»Draußen angebunden das Pferd! Praschlet mögen die anderen bringen! Du bist mir lieber, als aller Wein! Du, mein rotweißer Schilcher und süßer Malvasier! Lieb's Ding im Rock, viel lieber noch im Hemd! Du! Du! Du! Oh, was du weiß und weich bist! Dräng dich, drück dich, leg dich mir nah! O du mein Wein von Ursula! Du heiße, weiße, voll und rund! Gib deinen Mund! Gib deinen Mund! Und wieder, wieder! Gretlein, mein Mädlein!«
Sie aber sagte nichts und küßte bloß.
Da: Treppengepolter. Da: Rasseln vor der Tür. Da: krach eine Faust wider das Türgetäfel.
Rolf sprang auf und sprang zur Tür, – g'rad vor die Brust Welfs, der sie eben aufgerissen hatte.
Ein Heulen wie aus Wolfsrachen, ein Stoß mit der geschienten Faust vor Rolfs Brust. Der taumelt zurück, bückt sich, sucht sein Schwert.

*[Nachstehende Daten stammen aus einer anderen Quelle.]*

//! Two callers do, step by step on a table, what the worked history says. In it a caller's pin holds back the
//! other's claim of a free index; once it is taken off, the index is given again, with the next serial. At last
//! the number of the closed channel is given to a new one.
ghost use Rattle.std.specs.Prelude.{◌≡◌, ◌+◌, IsTrue, length};
ghost use Rattle.nio_history.specs.Conditions.{Condition};
ghost use Rattle.nio_words.specs.Passes.{IsReady, acts_seen, limits_of, state_seen};
ghost use Rattle.nio_words.specs.Steps.{Steps};
ghost use Rattle.nio_table_tests.specs.Following.{Follows, IsPart};

use super::{SMALL, history};
use crate::tables::drawn_table;
use nio_base::CallerNo;
use nio_history::{Act, Chan, IndexWord, Stage};
use nio_words::{Pass, Words};
use std::process::Abort;
use std::test::Fail;

// `==` stands in functions of its own, in which the check proves what it means.
fn same_channel(first: Chan, second: Chan) -> bool
    ensures { IsTrue result → first ≡ second }
{
    first == second
}

fn same_stage(first: Stage, second: Stage) -> bool
    ensures { IsTrue result → first ≡ second }
{
    first == second
}

fn same_index(first: IndexWord, second: IndexWord) -> bool
    ensures { IsTrue result → first ≡ second }
{
    first == second
}

/// Makes a step: whether it found what the act says. A draw is no step of a caller that is drawn.
fn repeats(w: &Words, p: &mut Pass, me: CallerNo, act: Act) -> bool
    requires ready { IsReady w.now p.old me }
    requires may { Condition (limits_of w.now) (acts_seen p.old me) (state_seen p.old) me act }
    ensures { IsTrue result → Steps w.now p.old p.new me act }
{
    match act {
        Act::DrawBit(_, _) => false,
        Act::MakeSelector(s, found) => w.make_selector(p, me, s) == found,
        Act::LookSelectors(found) => w.look_selectors(p, me) == found,
        Act::Wake(s, found) => w.wake(p, me, s) == found,
        Act::LookGate(s, found) => w.look_gate(p, me, s) == found,
        Act::SetInterrupt(n, found) => w.set_interrupt(p, me, n) == found,
        Act::TakeInterrupt(found) => w.take_interrupt(p, me) == found,
        Act::LookInterrupt(found) => w.look_interrupt(p, me) == found,
        Act::LookKey(s, i, found) => same_stage(w.look_key(p, me, s, i), found),
        Act::CancelKey(s, i, found) => same_stage(w.cancel_key(p, me, s, i), found),
        Act::LookInterest(s, i, found) => w.look_interest(p, me, s, i) == found,
        Act::SwapInterest(s, i, ops, found) => w.swap_interest(p, me, s, i, ops) == found,
        Act::OrInterest(s, i, ops, found) => w.or_interest(p, me, s, i, ops) == found,
        Act::AndInterest(s, i, ops, found) => w.and_interest(p, me, s, i, ops) == found,
        Act::SwapNote(s, i, att, found) => w.swap_note(p, me, s, i, att) == found,
        Act::LookNote(s, i, found) => w.look_note(p, me, s, i) == found,
        Act::MakeChannel(c, kind, found) => w.make_channel(p, me, c, kind) == found,
        Act::LookChannel(c, found) => same_channel(w.look_channel(p, me, c), found),
        Act::Claim(s, i, c, found) => w.claim(p, me, s, i, c) == found,
        Act::RaiseKeys(s, n, found) => w.raise_keys(p, me, s, n) == found,
        Act::LookKeys(s, found) => w.look_keys(p, me, s) == found,
        Act::Publish(s, i, found) => same_stage(w.publish(p, me, s, i), found),
        Act::LookReg(c, s, found) => w.look_reg(p, me, c, s) == found,
        Act::Enrol(c, s, i, serial, found) => w.enrol(p, me, c, s, i, serial) == found,
        Act::TakeTurn(s, found) => w.take_turn(p, me, s) == found,
        Act::BeginLook(s, found) => w.begin_look(p, me, s) == found,
        Act::GiveTurn(s) => {
            w.give_turn(p, me, s);
            true
        }
        Act::Remove(s, i, found) => same_stage(w.remove(p, me, s, i), found),
        Act::LookMark(s, i, found) => w.look_mark(p, me, s, i) == found,
        Act::Mark(s, i, from, told, found) => w.mark(p, me, s, i, from, told) == found,
        Act::UnselectBit(s, i, found) => w.unselect_bit(p, me, s, i) == found,
        Act::EndWake(s, found) => w.end_wake(p, me, s) == found,
        Act::LookChannels(found) => w.look_channels(p, me) == found,
        Act::RaiseChannels(n, found) => w.raise_channels(p, me, n) == found,
        Act::TryHoldBit(c, found) => w.try_hold_bit(p, me, c) == found,
        Act::Release(c) => {
            w.release(p, me, c);
            true
        }
        Act::SetMode(c, blocking, found) => same_channel(w.set_mode(p, me, c, blocking), found),
        Act::CloseBit(c, from, found) => same_channel(w.close_bit(p, me, c, from), found),
        Act::ShutBit(s, found) => w.shut_bit(p, me, s) == found,
        Act::Enter(s, found) => w.enter(p, me, s) == found,
        Act::Pin(s, i, found) => same_stage(w.pin(p, me, s, i), found),
        Act::Unpin(s, i) => {
            w.unpin(p, me, s, i);
            true
        }
        Act::ClearMark(s, i, found) => w.clear_mark(p, me, s, i) == found,
        Act::ClaimAgain(s, i, c, from, found) => w.claim_again(p, me, s, i, c, from) == found,
        Act::LookFree(s, j, found) => w.look_free(p, me, s, j) == found,
        Act::PutFree(s, i) => {
            w.put_free(p, me, s, i);
            true
        }
        Act::TakeFree(s, i, found) => w.take_free(p, me, s, i) == found,
        Act::Reopen(c, from, found) => w.reopen(p, me, c, from) == found,
        Act::Touch(s, i, found) => w.touch(p, me, s, i) == found,
        Act::LookTouched(s, j, found) => w.look_touched(p, me, s, j) == found,
        Act::TakeTouched(s, j, found) => w.take_touched(p, me, s, j) == found,
        Act::LookIndex(s, i, found) => same_index(w.look_index(p, me, s, i), found),
        Act::TakeList(s, found) => w.take_list(p, me, s) == found,
    }
}

/// Makes these steps of the worked history. `_from` says how many events stand before them there, and the
/// proof alone needs it.
fn follow(rt: &impl Abort, w: &Words, p: &mut Pass, _from: usize, steps: &[(CallerNo, Act)])
    requires follows { Follows w.now _from p.old }
    requires part { IsPart _from steps.now }
    ensures { Follows w.now (_from + length steps.now) p.new }
{
    for step in steps {
        assert!(rt; repeats(w, p, step.0, step.1));
    }
}

/// Until caller 0 has removed the first key and made its index free.
pub(super) fn remove_first_key(rt: &impl Abort, w: &Words, p: &mut Pass)
    requires { Follows w.now 2 p.old }
    ensures { Follows w.now 65 p.new }
{
    follow(rt, w, p, 2, &history::opening());
    follow(rt, w, p, 8, &history::set_non_blocking());
    follow(rt, w, p, 14, &history::registering());
    follow(rt, w, p, 30, &history::changing_interest());
    follow(rt, w, p, 36, &history::beginning());
    follow(rt, w, p, 41, &history::taking_the_list());
    follow(rt, w, p, 48, &history::waking_and_cancelling());
    follow(rt, w, p, 52, &history::marking_and_ending());
}

#[test]
fn table_follows_the_worked_history(rt: HostRuntime) -> Result<(), Fail> {
    let (words, mut p) = drawn_table(rt.alloc(), SMALL)?;
    remove_first_key(&rt, &words, &mut p);
    follow(&rt, &words, &mut p, 65, &history::finding_it_pinned());
    follow(&rt, &words, &mut p, 79, &history::registering_again());
    follow(&rt, &words, &mut p, 95, &history::removing_again());
    follow(&rt, &words, &mut p, 114, &history::blocking_again());
    follow(&rt, &words, &mut p, 119, &history::closing());
    follow(&rt, &words, &mut p, 130, &history::reopening());
    Ok(())
}
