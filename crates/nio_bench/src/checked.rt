//! A mebibyte from one thread to another through a pipe, in pieces of changing lengths, each byte checked.
ghost use Rattle.nio_pipe.specs.Ends.{other_chan, sink_chan, source_chan};
ghost use Rattle.nio_pipe.specs.Idle.{MayUse};

use crate::pair::{ONE, ZERO, two_callers};
use crate::pipe::{open, read, write_piece};
use anyhow::ensure;
use nio_base::ChanId;
use nio_pipe::{PipeError, PipeRead, PipeSink, PipeSource};
use nio_words::{Pass, Words};
use std::alloc::Global;
use std::rt::Runtime;
use std::sync::Wait;
use std::thread;
use std::thread::{Threads, join};
use std::time::{Clock, Duration};

/// How many bytes go through.
const TOTAL: usize = 1 << 20;

/// The longest piece.
const LONGEST: usize = 4_096;

/// How long a slow thread sleeps after each piece.
const PAUSE_MICROS: u64 = 20;

/// The thread that sleeps after each of its pieces.
#[derive(Clone, Copy, PartialEq, Eq)]
pub enum Slow {
    Reader,
    Writer,
}

/// The bytes that go through: 0 to 250, again and again.
#[derive(Clone, Copy)]
struct Pattern {
    next: u8,
}

impl Pattern {
    fn next(&mut self) -> u8 {
        let byte = self.next;
        self.next = if byte < 250 { byte + 1 } else { 0 };
        byte
    }
}

/// Lengths from 1 to the longest, in no order.
#[derive(Clone, Copy)]
struct Lengths {
    state: u32,
}

impl Lengths {
    fn next(&mut self) -> usize {
        self.state = self
            .state
            .wrapping_mul(1_664_525)
            .wrapping_add(1_013_904_223);
        (self.state >> 20) as usize + 1
    }
}

/// Carries all bytes over, and fails where they didn't come over as they were.
pub fn run<R: Runtime<A = Global> + Threads + Wait + Sync>(
    rt: &R,
    slow: Slow,
) -> anyhow::Result<()> {
    let (words, mut p) = two_callers(rt.alloc())?;
    let (source, sink) = open(rt.alloc(), &words, &mut p)?;
    let q = words.hand_over(&mut p, ONE)?;
    let piece = vec![in rt.alloc(); 0u8; LONGEST]?;
    let into = vec![in rt.alloc(); 0u8; LONGEST]?;
    let (read, written) = carry(rt, &words, p, q, source, sink, into, piece, slow);
    written?;
    ensure!(read? == TOTAL, "other bytes came over, or not all");
    Ok(())
}

fn carry<R: Clock + Threads + Wait + Sync>(
    rt: &R,
    w: &Words,
    p: Pass,
    q: Pass,
    source: PipeSource,
    sink: PipeSink,
    into: Vec<u8>,
    piece: Vec<u8>,
    slow: Slow,
) -> (Result<usize, PipeError>, Result<(), PipeError>)
    requires reader { MayUse w.now p ZERO (source_chan source) (sink_chan sink) }
    requires writer { MayUse w.now q ONE (other_chan sink) (sink_chan sink) }
{
    let other = sink.chan();
    join(
        rt,
        || -> Result<usize, PipeError>
            requires { MayUse w.now p ZERO (source_chan source) other }
        { reads(rt, w, p, source, other, into, slow == Slow::Reader) },
        || -> Result<(), PipeError>
            requires { MayUse w.now q ONE (other_chan sink) (sink_chan sink) }
        { writes(rt, w, q, sink, piece, slow == Slow::Writer) },
    )
}

fn reads<R: Clock + Wait>(
    rt: &R,
    w: &Words,
    mut p: Pass,
    mut source: PipeSource,
    other: ChanId,
    mut into: Vec<u8>,
    is_slow: bool,
) -> Result<usize, PipeError>
    requires { MayUse w.now p ZERO (source_chan source) other }
{
    let count = read_all(rt, w, &mut p, &mut source, other, &mut into, is_slow);
    source.close(w, &mut p, ZERO);
    count
}

/// Reads until the end. Answers how many bytes came up to the first wrong one.
fn read_all<R: Clock + Wait>(
    rt: &R,
    w: &Words,
    p: &mut Pass,
    source: &mut PipeSource,
    other: ChanId,
    into: &mut [u8],
    is_slow: bool,
) -> Result<usize, PipeError>
    requires { MayUse w.now p.old ZERO (source_chan source.old) other }
    ensures { MayUse w.now p.new ZERO (source_chan source.new) other }
{
    let mut lengths = Lengths { state: 1 };
    let mut pattern = Pattern { next: 0 };
    let mut count = 0usize;
    for _ in rt.forever() {
        let length = lengths.next().min(into.len());
        match read(rt, w, p, source, other, &mut into[..length])? {
            PipeRead::Bytes(given) => {
                if !follow(&mut pattern, into, given) {
                    break;
                }
                count = count.saturating_add(given);
            }
            PipeRead::NotYet => thread::yield_now(),
            PipeRead::End => break,
        }
        if is_slow {
            thread::sleep(rt, Duration::from_micros(PAUSE_MICROS));
        }
    }
    Ok(count)
}

/// Whether the first bytes, so many, are the next of the pattern.
fn follow(pattern: &mut Pattern, bytes: &[u8], count: usize) -> bool {
    let mut all = true;
    for byte in bytes.iter().take(count) {
        all &= *byte == pattern.next();
    }
    all
}

fn writes<R: Clock + Wait>(
    rt: &R,
    w: &Words,
    mut q: Pass,
    mut sink: PipeSink,
    mut piece: Vec<u8>,
    is_slow: bool,
) -> Result<(), PipeError>
    requires { MayUse w.now q ONE (other_chan sink) (sink_chan sink) }
{
    let written = write_all(rt, w, &mut q, &mut sink, &mut piece, is_slow);
    sink.close(w, &mut q, ONE);
    written
}

/// Writes all bytes.
fn write_all<R: Clock + Wait>(
    rt: &R,
    w: &Words,
    q: &mut Pass,
    sink: &mut PipeSink,
    piece: &mut [u8],
    is_slow: bool,
) -> Result<(), PipeError>
    requires { MayUse w.now q.old ONE (other_chan sink.old) (sink_chan sink.old) }
    ensures { MayUse w.now q.new ONE (other_chan sink.new) (sink_chan sink.new) }
{
    let mut lengths = Lengths { state: 2 };
    let mut pattern = Pattern { next: 0 };
    let mut left = TOTAL;
    for _ in rt.forever() {
        let length = lengths.next().min(piece.len()).min(left);
        let next = &mut piece[..length];
        for byte in next.iter_mut() {
            *byte = pattern.next();
        }
        write_piece(rt, w, q, sink, next)?;
        left = left.saturating_sub(length);
        if left == 0 {
            break;
        }
        if is_slow {
            thread::sleep(rt, Duration::from_micros(PAUSE_MICROS));
        }
    }
    Ok(())
}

Aber schon wirft sich, mit beiden Fäusten sein Schwert nach unten stoßend, Welf über ihn und rennt dem Gebückten den Stahl durch den Rücken.
Starr saß Annemargret im Hemd auf dem Bett und hielt kindängstlich die Finger an den Mund.
Jetzt … kommt … das Schwert … zu mir …
Welf zog das Schwert aus dem verröchelnden Leibe, warf es nieder und stellte sich vor der Starrenden schnaufend auf.